CAGR Calculator
Compound Annual Growth Rate · Find CAGR · Future value · Years to target · Updated 2026
Enter initial value, final value and time period
Value trajectory at 20.11% CAGR
How different CAGR rates grow ₹1.00 L over 5 years
The power of compounding - small rate differences create enormous wealth gaps over time
| CAGR | Future value | Total gain | Multiplier | Doubles in |
|---|---|---|---|---|
| 4% | ₹1.22 L | +₹21,665 | 1.22× | 18.0 yrs |
| 6% | ₹1.34 L | +₹33,823 | 1.34× | 12.0 yrs |
| 8% | ₹1.47 L | +₹46,933 | 1.47× | 9.0 yrs |
| 10% | ₹1.61 L | +₹61,051 | 1.61× | 7.2 yrs |
| 12% | ₹1.76 L | +₹76,234 | 1.76× | 6.0 yrs |
| 14% | ₹1.93 L | +₹92,541 | 1.93× | 5.1 yrs |
| 16% | ₹2.10 L | +₹1.10 L | 2.10× | 4.5 yrs |
| 18% | ₹2.29 L | +₹1.29 L | 2.29× | 4.0 yrs |
| 20% | ₹2.49 L | +₹1.49 L | 2.49× | 3.6 yrs |
Real-world CAGR reference - Indian investments
Historical approximate CAGR (past performance, not guarantee)
| Investment | 10-yr CAGR (approx) | Risk | Liquidity | ₹1L in 5 yrs |
|---|---|---|---|---|
| Nifty 50 (index) | 13.5% | High | High | ₹1.88 L |
| Mid-cap equity funds | 16% | High | High | ₹2.10 L |
| Large-cap equity funds | 12.5% | Moderate | High | ₹1.80 L |
| Gold | 8.5% | Low-Mod | High | ₹1.50 L |
| Real estate (metro India) | 6.5% | Moderate | Low | ₹1.37 L |
| PPF | 7.5% | Zero | Low | ₹1.44 L |
| Fixed deposit (bank) | 7% | Zero | Medium | ₹1.40 L |
| EPF | 8.3% | Zero | Very low | ₹1.49 L |
| Savings account | 3.5% | Zero | High | ₹1.19 L |
What is CAGR? The Most Important Metric for Evaluating Investments
CAGR (Compound Annual Growth Rate) is the smoothed annual growth rate of an investment over a period of time, assuming profits are reinvested at the end of each period. It's the single most useful number for comparing investments that have grown at different rates across different time frames.
If a mutual fund grew from ₹1 lakh to ₹2.5 lakh over 5 years, the CAGR is (2.5/1)^(1/5) − 1 = 20.1%. This means the fund grew at a consistent 20.1% each year, on a compounding basis — even though actual year-by-year growth varied widely. CAGR eliminates the noise of yearly volatility and gives you a clean, comparable rate.

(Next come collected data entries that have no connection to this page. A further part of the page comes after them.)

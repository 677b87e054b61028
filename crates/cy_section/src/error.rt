// What reading and writing a section may answer.
ghost use Rattle.std.specs.Prelude.{◌≡◌, ◌++◌, OnOk, codes};
ghost use Rattle.std.specs.Fmt.{decimal, signed_decimal};
ghost use Rattle.cy_section.specs.FaultText.{is_section_limit, place_text, section_text};
ghost use Rattle.cy_section.specs.declared.error.SectionError.TheVariants as section_error;
ghost use Rattle.cy_section.specs.Reading.{fault_of};

use cy_msg::{push_decimal, push_number, push_signed};
use cy_wire::WireError;
use std::alloc::{AllocError, AllocFailed};

/// A fault of a section, with the place of its head or of its faulty part, or want of memory.
#[derive(Clone, Copy, Debug, PartialEq, Eq)]
pub enum SectionError {
    /// The file ends inside the section.
    Cut {
        /// The place of the section's head.
        at: u64,
    },
    /// No section of a record has this type here.
    Kind {
        /// The place of the section's head.
        at: u64,
        /// The type in the head.
        value: u32,
    },
    /// The size in the head is no size of such a section.
    Size {
        /// The place of the section's head.
        at: u64,
        /// The size in the head.
        value: i64,
    },
    /// The section is longer than any that is read.
    TooLong {
        /// The place of the section's head.
        at: u64,
        /// The size in the head.
        value: u64,
    },
    /// The body is no sequence of fields in the wire form.
    Wire {
        /// The place of the first fault.
        at: u64,
    },
    /// A channel's name or its message type is not UTF-8.
    NameNotText {
        /// The place of its first byte.
        at: u64,
    },
    /// There is no memory.
    Memory,
}

// What is wrong at a place, at the end of others.
fn push_place(to: &mut Vec<u8>, at: u64, kind: &str) -> Result<(), AllocError>
    ensures { OnOk result (to.new.items ≡ to.old.items ++ place_text at kind.now) }
{
    push_number(to, "at ", at)?;
    to.extend_from_slice(b": ")?;
    to.extend_from_slice(kind.as_bytes())
}

// The same with a value behind it.
fn push_value(to: &mut Vec<u8>, at: u64, kind: &str, value: u64) -> Result<(), AllocError>
    ensures { OnOk result (to.new.items
        ≡ to.old.items ++ place_text at (kind.now ++ decimal value)) }
{
    push_place(to, at, kind)?;
    push_decimal(to, value)
}

// A wrong size at a place, at the end of others.
fn push_size(to: &mut Vec<u8>, at: u64, size: i64) -> Result<(), AllocError>
    ensures { OnOk result (to.new.items
        ≡ to.old.items ++ place_text at (codes "Size " ++ signed_decimal size)) }
{
    push_place(to, at, "Size ")?;
    push_signed(to, size)
}

impl SectionError {
    /// Adds its text to others. The only error is want of memory.
    pub fn push_to(&self, to: &mut Vec<u8>) -> Result<(), AllocError>
        ensures { OnOk result (to.new.items ≡ to.old.items ++ section_text self.now) }
    {
        match self {
            SectionError::Cut { at } => push_place(to, *at, "Cut"),
            SectionError::Kind { at, value } => push_value(to, *at, "Kind ", u64::from(*value)),
            SectionError::Size { at, value } => push_size(to, *at, *value),
            SectionError::TooLong { at, value } => push_value(to, *at, "TooLong ", *value),
            SectionError::Wire { at } => push_place(to, *at, "Wire"),
            SectionError::NameNotText { at } => push_place(to, *at, "NameNotText"),
            SectionError::Memory => to.extend_from_slice(b"out of memory"),
        }
    }

    /// Whether it is a limit that was passed.
    pub fn is_limit(&self) -> bool
        ensures { result ≡ is_section_limit self.now }
    {
        matches!(self, SectionError::TooLong { .. })
    }
}

impl From<AllocError> for SectionError {
    ghost from_gives = { λ _ e. e ≡ section_error.Memory };

    fn from(_: AllocError) -> Self {
        SectionError::Memory
    }
}

impl<T: Drop> From<AllocFailed<T>> for SectionError {
    ghost from_gives = { λ _ e. e ≡ section_error.Memory };

    fn from(_: AllocFailed<T>) -> Self {
        SectionError::Memory
    }
}

impl From<WireError> for SectionError {
    ghost from_gives = { λ fault e. e ≡ fault_of fault };

    fn from(fault: WireError) -> Self {
        match fault {
            WireError::Cut { at }
            | WireError::LongVarint { at }
            | WireError::BadTag { at }
            | WireError::Group { at } => SectionError::Wire { at },
            WireError::Memory => SectionError::Memory,
        }
    }
}
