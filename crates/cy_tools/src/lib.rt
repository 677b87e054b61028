//! Tools over whole records: one makes a record of what stands before the first fault of a file,
//! one cuts a record down to channels and times, and one writes several records as one.
//!
//! `specs/Kept` says which messages of a record are kept and what is written of them,
//! `specs/Tools` what each tool does that reads one file, and `specs/Answer` what it answers;
//! `specs/Merging` what is answered where several are written as one; `specs/Laws` has what holds
//! of every record that is written so.
#![tactic(auto)]

mod error;
mod kept;
mod laws;
mod merging;
mod messages;
mod numbering;
mod recovering;
mod splitting;
mod writing;

pub use error::{File, ToolError};
pub use laws::kept_messages_are_record_text;
pub use merging::write_merged;
pub use recovering::{Recovered, recover};
pub use splitting::{Parted, split};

CAGR vs absolute return - why CAGR matters more
| Investment | Initial | Final | Absolute return | Years | CAGR | Better investment? |
|---|---|---|---|---|---|---|
| Fund A | ₹1,00,000 | ₹2,00,000 | 100.00% | 5 yrs | 14.87% | Compare CAGR |
| Fund B | ₹1,00,000 | ₹3,00,000 | 200.00% | 10 yrs | 11.61% | Compare CAGR |
| Fund C | ₹1,00,000 | ₹1,50,000 | 50.00% | 3 yrs | 14.47% | Compare CAGR |
Fund B looks best by absolute return (200%), but Fund C actually has the highest CAGR (14.47%) — meaning it grew fastest per year. Fund A is second at 14.87% CAGR. Without CAGR, you can't compare investments that ran for different durations. CAGR normalizes time and makes apples-to-apples comparison possible.
The Rule of 72 - mental shortcut for CAGR
Divide 72 by the CAGR to get the approximate number of years for your investment to double. At 12% CAGR, money doubles in 72÷12 = 6 years. At 6%, it doubles in 12 years. This is why CAGR matters so much: a 6% difference in CAGR over 30 years is the difference between 6× growth and 30× growth.